Concevoir du mobilier du point de vue de l’utilisation pratique, sans négliger l’aspect esthétique. Faire en sorte qu’il suscite une émotion dès que les pupilles le frôlent.
C’est tout le challenge du mobilier fonctionnel. Chez Ath’at, sis Cheraga, chaque objet
est né d’une réflexion. On questionne la forme, la matière et l’espace, pour créer un
mobilier singulier qui répond aux besoins d’utilisation.

En franchissant le seuil de la boutique Ath’at, c’est d’abord le beau qui nous interpelle. Le visiteur découvre un mobilier aux formes gracieuses, aux lignes rigoureuses, embellies de couleurs audacieuses. Le mobilier est sobre, sans excès de fioritures. Ici on explore le champ du possible, mais l’authenticité reste le maître mot. Et pour preuve, les veines et nœuds du bois, ornement naturel, sont mis en valeur.

« Pour la fabrication de notre mobilier, nous utilisons du chêne et du frêne. Nous ne
mettons pas de la couleur sur du bois noble. On laisse souvent le veinage, car c’est l’âme
du bois. Là où c’est coloré ce sont des panneaux de bois MDF », précise Hind Cadi, la
maîtresse des lieux.

« Rihet zman » odeur du passé, « Dakhla » entrée, « Meriou » placard, ce sont les noms joliment attribués aux meubles de la marque Ath’at. L’idée est de convoquer l’imaginaire à travers ces appellations mais pas seulement.
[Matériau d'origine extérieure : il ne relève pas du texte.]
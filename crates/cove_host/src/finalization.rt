//! The finalization of TVMs.

ghost use Rattle.std.specs.Prelude.{◌≡◌, ◌++◌, ℕ, List, ◌∷◌, replicate};
ghost use Rattle.cove_base.specs.Registers.{registers};
ghost use Rattle.cove_base.specs.declared.calls.HostCall.TheVariants.{Finalize};
ghost use Rattle.cove_tvm.specs.Called.{Called};
ghost use Rattle.cove_host.specs.Checked.{all_checked};
ghost use Rattle.cove_host.specs.FoundTvms.{ChangesTvm};
ghost use Rattle.cove_host.specs.Finalized.{IsFinalized};
ghost use Rattle.cove_model.specs.HostCalls.{rule};
ghost use Rattle.cove_model.specs.States.{State};
ghost use Rattle.cove_tvm.specs.BuiltTvms.{AreStarted};
ghost use Rattle.cove_tvm.specs.Stands.{Stands};
ghost use Rattle.cove_base.specs.Unchanged.{Unchanged};

use crate::checks::DONE;
use crate::lives::{has_some_cpu, is_building, live, place_aligned};
use cove_base::{HartId, Regs, Reply, Words};
use cove_tvm::{Ground, Life, Tvm, VcpuSlot};

/// Finalizes a TVM: each of its vCPUs begins at the place `pc` with the argument `arg`, both are measured, and from then on it
/// may run.
pub fn finalize_tvm<W: Words>(
    w: &mut W,
    g: &mut Ground,
    h: HartId,
    t: u64,
    pc: u64,
    arg: u64,
) -> Reply
    ensures called { Called h.0 (λ S. rule S h.0 (Finalize t pc arg)) (W.words w.old) (W.words w.new) g.old g.new result }
    ensures unchanged { Unchanged W.words W.clean W.guard w.old w.new }
{
    match finalizable(g, t, pc) {
        Err(reply) => reply,
        Ok(()) => {
            finish(g, t, pc, arg);
            DONE
        }
    }
}

// The checks of the call, in the order of its rule.
fn finalizable(g: &Ground, t: u64, pc: u64) -> Result<(), Reply>
    ensures told { (words : List ℕ) (hart arg : ℕ) (S : State) → Stands words g.now S
        → result ≡ all_checked (rule S hart (Finalize t pc arg)).checks }
{
    let tvm = live(g, t)?;
    is_building(tvm)?;
    has_some_cpu(tvm)?;
    place_aligned(pc)
}

// Finalizes the live TVM `t`.
fn finish(g: &mut Ground, t: u64, pc: u64, arg: u64)
    ensures { ChangesTvm t (IsFinalized pc arg) g.old g.new }
{
    if let Some(tvm) = g.tvms.live_mut(t) {
        finish_tvm(tvm, pc, arg);
    }
}

// Finalizes a TVM.
fn finish_tvm(tvm: &mut Tvm, pc: u64, arg: u64)
    ensures { IsFinalized pc arg tvm.old tvm.new }
{
    tvm.registers.finish(pc, arg);
    start(&mut tvm.v0, 0, pc, arg);
    start(&mut tvm.v1, 1, pc, arg);
    start(&mut tvm.v2, 2, pc, arg);
    start(&mut tvm.v3, 3, pc, arg);
    tvm.life = Life::Runnable;
}

// Gives a vCPU the registers that it begins with, if it was created.
fn start(slot: &mut Option<VcpuSlot>, v: u64, pc: u64, arg: u64)
    ensures { AreStarted pc arg v slot.old slot.new }
{
    if let Some(cpu) = slot {
        cpu.regs = first_registers(v, pc, arg);
    }
}

// The registers that a vCPU begins with: its number in a0, the argument in a1.
fn first_registers(v: u64, pc: u64, arg: u64) -> Regs
    ensures x { registers result ≡ replicate 10 0 ++ v ∷ arg ∷ replicate 20 0 }
    ensures place { result.pc ≡ pc }
{
    let mut regs = Regs::new();
    regs.set(10, v);
    regs.set(11, arg);
    regs.pc = pc;
    regs
}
Certains détails rappellent les meubles des anciennes maisons algériennes.

« Notre mobilier a un côté ancien, car nous utilisons du bois massif qui reflète un ancrage identitaire, et un côté moderne qui se manifeste dans les formes et les couleurs. Nous avons simplifié l’effort pour que ça ne soit pas chargé. On a fait le choix de ramener des couleurs pour donner un coup de jeunesse au mobilier », explique Hind sommairement.
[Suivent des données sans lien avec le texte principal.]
// Searches over the flat table of the checkpoints' names, 32 bytes each. A name is compared where it stands, in the
// table and in the log: none is copied. Others choose the names, and may choose them alike in any of their bytes, so a
// scan that looks at one word of each goes over to the next word at every name that has that word and is another.
#![tactic(auto)]

ghost use Rattle.std.specs.Prelude.{◌≡◌, false, ℕ, ◌+◌, ◌*◌, ◌≤◌, ◌<◌, length, MatchOption};
ghost use Rattle.model.specs.Bytes.{part};
ghost use Rattle.model.specs.Limits.{checkpoint_limit};
ghost use Rattle.model.specs.Lists.{first_index, pair_below, same_bytes};
ghost use Rattle.names.specs.Rows.{rows};
ghost use Rattle.names.specs.Slots.{slots, slot_of};

// How many slots there are, a prime: the remainders of words are taken by it too.
const PRIME: u64 = 15809;

const SLOTS: usize = PRIME as usize;

// The first index from `from` on whose name may be the one of s at `at`: every name passed over has another word of 8
// bytes from byte d on. Four names are looked at in a turn; of fewer that are left the first is given without a look.
// A `for` over the names that gives an Option takes 1.8 times as many instructions.
fn next_alike(names: &[u8], count: usize, from: usize, s: &[u8], at: usize, d: usize) -> usize
    requires { (32 * count ≤ length names.now) × (from ≤ count) × (at + 32 ≤ length s.now) × (d + 8 ≤ 32) }
    ensures { (from ≤ result)
        × (result ≤ count)
        × ((k : ℕ)
        → k < result
        → from ≤ k
        → same_bytes (part (k * 32) 32 names.now) (part at 32 s.now) ≡ false) }
{
    let word = wire::le64(s, at + d);
    let mut i = from;
    while i + 4 <= count {
        let k = i * 32 + d;
        if wire::le64(names, k) == word {
            return i;
        }
        if wire::le64(names, k + 32) == word {
            return i + 1;
        }
        if wire::le64(names, k + 64) == word {
            return i + 2;
        }
        if wire::le64(names, k + 96) == word {
            return i + 3;
        }
        i += 4;
    }
    i
}

// The index of the first of the `count` names that is the 32 bytes of s at `at`. Of the four words of a name the last
// is looked at first.
pub fn find_name(names: &[u8], count: usize, s: &[u8], at: usize) -> Option<usize>
    requires { (32 * count ≤ length names.now) × (at + 32 ≤ length s.now) }
    ensures { MatchOption result
        (first_index (λ n. same_bytes n (part at 32 s.now)) (rows count names.now) ≡ count)
        (λ i. (i ≡ first_index (λ n. same_bytes n (part at 32 s.now)) (rows count names.now)) × (i < count)) }
{
    let mut which: usize = 3;
    let mut i = next_alike(names, count, 0, s, at, which * 8);
    while i < count {
        if wire::same(names, i * 32, s, at, 32) {
            return Some(i);
        }
        which = (which + 1) % 4;
        i = next_alike(names, count, i + 1, s, at, which * 8);
    }
    None
}

// The slot of the name at `at`, by all of its bytes. The factors are such that 512 names which are numbered in two of
// their bytes all have slots of their own, whichever two these are.
fn slot(names: &[u8], at: usize) -> usize
    requires { at + 32 ≤ length names.now }
    ensures { (result ≡ slot_of (part at 32 names.now)) × (result < slots) }
{
    let low = wire::le64(names, at) % PRIME + wire::le64(names, at + 8) % PRIME * 1286;
    let high = wire::le64(names, at + 16) % PRIME + wire::le64(names, at + 24) % PRIME * 1286;
    ((low + high * 1238) % PRIME) as usize
}

// Whether some name stands twice among the `count` names. The slot of each is marked: a name whose slot is not marked
// yet is new, and one whose slot is marked is looked for among the names before it.
pub fn names_twice(names: &[u8], count: usize) -> bool
    requires { (32 * count ≤ length names.now) × (count ≤ checkpoint_limit) }
    ensures { result
        ≡ pair_below count
        (λ i j. same_bytes (part (i * 32) 32 names.now) (part (j * 32) 32 names.now)) }
{
    let mut marked = [false; SLOTS];
    for j in 0..count {
        let k = slot(names, j * 32);
        if marked[k] && find_name(names, j, names, j * 32).is_some() {
            return true;
        }
        marked[k] = true;
    }
    false
}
Déambuler dans cet espace aménagé tel un intérieur de maison fait parfois jaillir des
images du passé. Un meuble en frêne massif occupe un coin de la boutique. Baptisé
« Dakhla », entrée, il fait penser à ces meubles où étaient posés les téléphones fixes dans
les maisons autrefois. Hind, la propriétaire des lieux, le confirme, elle précise néanmoins qu’il peut trouver sa place à l’entrée de la maison ou ailleurs.

Le savoir-faire algérien

« En rentrant à la maison, la personne s’assoit sur le petit fauteuil pour enlever ses
chaussures et les ranger au-dessous du meuble. Les tiroirs font office de rangement
pour les clés et autres objets. Ce meuble peut parfaitement être un coin de lecture. Tout
l’intérêt de faire du mobilier fonctionnel est d’avoir la liberté de se l’approprier comme il
nous convient », précise-t-elle.

Des objets décoratifs sont soigneusement posés sur les différents meubles. En céramique, bois, tissus ou encore en osier, ils représentent la diversité de l’artisanat algérien. L’équipe de Ath’at contribue à la valorisation des savoir-faire dont se targue chaque région d’Algérie.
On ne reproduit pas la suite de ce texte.